Overview

As a frequent traveller, I have seen long-distance relationships experience difficulties staying connected. Pace is a client-based project with the aim to help friends and family who live in different timezones more conveniently connect. The client seeks to implement a machine learning feature that groups messages by topic ("topic grouping") and plans to develop this product in December 2022.

I was tasked with addressing the client's and users' needs through branding and an end-to-end mobile app with the business goals of attracting and retaining users.

My contribution

Product strategy User research Product design

The team

1 × product designer 1 × engineer

Year

2022

Process

Discover

In a project brief, the client and I determined the business goals, potential user goals, and a schedule to complete the MVP within the 80 hour timeframe.

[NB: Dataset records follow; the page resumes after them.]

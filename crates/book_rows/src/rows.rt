//! Rows of acts, and batches.

use days_core::Day;
use plain_data::{Listed, NoMemory, SharedText};
use record_history::{Dates, Record};
use std::alloc::Global;
use voucher_core::Line;

/// An act that the office accepted.
#[derive(Debug, Drop, PartialEq, Eq)]
pub struct ActRow {
    /// Its number, from 1.
    pub n: u32,
    /// The session in which it was asked.
    pub session: u32,
    pub clerk: u32,
    /// The clerk's own number of the request.
    pub request: u32,
    pub day: Day,
    /// The text of its command.
    pub body: SharedText,
}

impl ActRow {
    ghost use Rattle.std.specs.Prelude.{◌≡◌, IfOk};

    /// Another row that is the same. The two share the text, so that it takes no memory.
    pub fn try_clone(&self) -> Result<ActRow, NoMemory>
        ensures { IfOk result (λ act. act ≡ self.now) }
    {
        let body = self.body.try_clone()?;
        Ok(ActRow {
            n: self.n,
            session: self.session,
            clerk: self.clerk,
            request: self.request,
            day: self.day,
            body,
        })
    }
}

/// The rows that one act appends.
#[derive(Debug, Drop, PartialEq, Eq)]
pub struct Batch {
    pub act: ActRow,
    /// The record that the act made.
    pub made: Option<Record>,
    /// The lines of the closing that the act made.
    pub lines: Listed<Line>,
}

impl Batch {
    ghost use Rattle.std.specs.Prelude.{◌≡◌, IfOk};

    /// Another batch of the same rows.
    pub fn try_clone(&self, alloc: Global) -> Result<Batch, NoMemory>
        ensures { IfOk result (λ batch. batch ≡ self.now) }
    {
        let act = self.act.try_clone()?;
        let lines = self.lines.as_slice().to_vec(alloc)?;
        Ok(Batch {
            act,
            made: self.made,
            lines: Listed::new(lines),
        })
    }
}

/// Which of a book's tables a row is in.
#[derive(Clone, Copy, Debug, PartialEq, Eq)]
pub enum Table {
    Acts,
    Records,
    Lines,
}
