//! Acts on a household that there is.

use crate::certifications::{AnnualAct, CorrectAct, GrossAct, InterimAct, ResumeAct};
use crate::moves::{MoveOutAct, TerminateAct, TransferAct, WithdrawAct};

/// An act on a household that there is, by a clerk who knows its records up to one of them.
#[derive(Drop)]
pub struct HouseholdAct {
    pub household: u32,
    /// The number of the newest record that the clerk saw of the household.
    pub seen: u32,
    pub change: HouseholdChange,
}

/// What is done with the household.
#[derive(Drop)]
pub enum HouseholdChange {
    Annual(AnnualAct),
    Interim(InterimAct),
    Resume(ResumeAct),
    Gross(GrossAct),
    Correct(CorrectAct),
    Transfer(TransferAct),
    MoveOut(MoveOutAct),
    Terminate(TerminateAct),
    Withdraw(WithdrawAct),
}
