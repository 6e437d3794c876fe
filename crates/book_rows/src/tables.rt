//! The tables of a book.

ghost use Rattle.std.specs.Prelude.{◌≡◌, ◌≤◌, ◌+◌, ◌-◌, ◌++◌, length, option_to_list, vec_len, vec_capacity, OnOk, IsOk};
ghost use Rattle.book_rows.specs.Book.{book_of, empty_book, appended, room_of, HasRoom, IsNoLess};

use crate::rows::{ActRow, Batch};
use plain_data::NoMemory;
use record_history::{Dates, Record};
use std::alloc::Global;
use voucher_core::Line;

/// The rows of a book, which are only added at the end.
#[derive(Debug, Drop)]
pub struct Tables {
    /// By number, from 1.
    pub acts: Vec<ActRow>,
    /// By act; an act makes at most one.
    pub records: Vec<Record>,
    /// By act and place.
    pub lines: Vec<Line>,
}

impl Tables {
    /// The tables of an empty book.
    pub fn new(alloc: Global) -> Tables
        ensures { book_of result ≡ empty_book }
    {
        Tables {
            acts: Vec::new(alloc),
            records: Vec::new(alloc),
            lines: Vec::new(alloc),
        }
    }

    /// Makes room for the rows of one more act, and fails only where memory ran out.
    pub fn reserve(&mut self, batch: &Batch) -> Result<(), NoMemory>
        ensures book { book_of self.new ≡ book_of self.old }
        ensures room { OnOk result (HasRoom (room_of self.new) batch.now) }
        ensures kept { IsNoLess (room_of self.old) (room_of self.new) }
        ensures succeeds { HasRoom (room_of self.old) batch.now → IsOk result }
    {
        self.acts.reserve(1)?;
        self.records.reserve(1)?;
        self.lines.reserve(batch.lines.as_slice().len())?;
        Ok(())
    }

    /// Appends the rows of one more act, for which there is room. It takes no memory.
    pub fn append(&mut self, batch: Batch)
        requires { HasRoom (room_of self.old) batch }
        ensures book { book_of self.new ≡ appended (book_of self.old) batch }
        ensures acts { (room_of self.new).acts + 1 ≡ (room_of self.old).acts }
        ensures records { (room_of self.new).records + length (option_to_list batch.made) ≡ (room_of self.old).records }
        ensures lines { (room_of self.new).lines + length batch.lines ≡ (room_of self.old).lines }
    {
        let Batch { act, made, lines } = batch;
        self.acts.push_reserved(act);
        push_made(&mut self.records, made);
        push_lines(&mut self.lines, lines.as_slice());
    }
}

fn push_made(records: &mut Vec<Record>, made: Option<Record>)
    requires { 1 ≤ vec_capacity records.old - vec_len records.old }
    ensures items { records.new.items ≡ records.old.items ++ option_to_list made }
    ensures room { vec_capacity records.new - vec_len records.new + length (option_to_list made) ≡ vec_capacity records.old - vec_len records.old }
{
    if let Some(made) = made {
        // The check of the move below refuses a type that the function doesn't name, as Option and Dates.
        let _dates: Option<Dates> = made.dates;
        records.push_reserved(made);
    }
}

fn push_lines(lines: &mut Vec<Line>, more: &[Line])
    requires { length more.now ≤ vec_capacity lines.old - vec_len lines.old }
    ensures items { lines.new.items ≡ lines.old.items ++ more.now }
    ensures room { vec_capacity lines.new - vec_len lines.new + length more.now ≡ vec_capacity lines.old - vec_len lines.old }
{
    for line in more {
        lines.push_reserved(*line);
    }
}
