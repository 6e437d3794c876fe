//! Acts on the property.

use days_core::{Day, Rents};
use plain_data::Text;

/// Adds a unit to the property.
#[derive(Debug, Drop, PartialEq, Eq)]
pub struct UnitAct {
    /// From 1 to 10 printable bytes.
    pub name: Text,
    /// The group of units with which it shares its rents, from 1 to 99.
    pub group: u32,
    /// From 0 to 5.
    pub bedrooms: u32,
    pub accessible: bool,
}

/// Sets the rents of a group of units from a day on.
#[derive(Clone, Copy, Debug, PartialEq, Eq)]
pub struct RentsAct {
    /// From 1 to 99.
    pub group: u32,
    pub from: Day,
    /// A contract rent of at most 99,999 and a utility allowance of at most 9,999.
    pub rents: Rents,
}

/// Sets the income limits from a day on, in whole dollars a year.
///
/// Each has a limit for families of 1 to 12 persons, of at most 9,999,999.
#[derive(Clone, Copy, Debug, PartialEq, Eq)]
pub struct LimitsAct {
    pub from: Day,
    pub low: [u32; 12],
    pub very_low: [u32; 12],
    pub extremely_low: [u32; 12],
}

To qualify these user goals, I interviewed 5 people who have been in long-distance relationships and developed insights using an empathy map.

As this is a new product with many competitors that cater to a broad audience (i.e. Facebook Messenger, Whatsapp, and etc.), I analyzed these competitors to find product differentiators that would attract and retain the general audience while helping long-distance relationships. These features are scheduling calls and organizing chat messages for easier navigation.

Define

From user research insights, I formed HMW questions to brainstorm and define the most user-relevant problem to be solved:

Based on research, two key flows were identified to be the most valuable for staying in touch in a long-distance relationship: call scheduling and finding relevant messages. User flows were developed to map out the screens to be designed, taking care of the default user actions as informed by user research.

Develop

With the users' needs in mind, many rounds of iterations culminated in the hi-fidelity designs that would be prototyped for usability testing.

Testing

5 usability tests were conducted to understand the design's discoverability and learnability; affinity mapping was used to distill insights.

Although all tasks were completed, discoverability and learnability could have been improved, with users unsure about how to use the "topic grouping" feature and how it works.

Iterations were prioritized based on "fixes" and "improvements". "Fixes" disable users from harnessing features, and "improvements" enhance usability of these features.

Deliver

The iterations were implemented, and designs were handed off to the developer. A design system was created for scalability, consistency, and brand identity; this included typography, components, icons, and color palette.

Outcome

After one iteration, I was able to decrease the time to schedule a call by 15 seconds and navigate a conversation by 6 seconds. All 5 users were satisfied with the experience and were intrigued by the technology. The foundation was in place to continue gathering valuable data and enhance the user journey.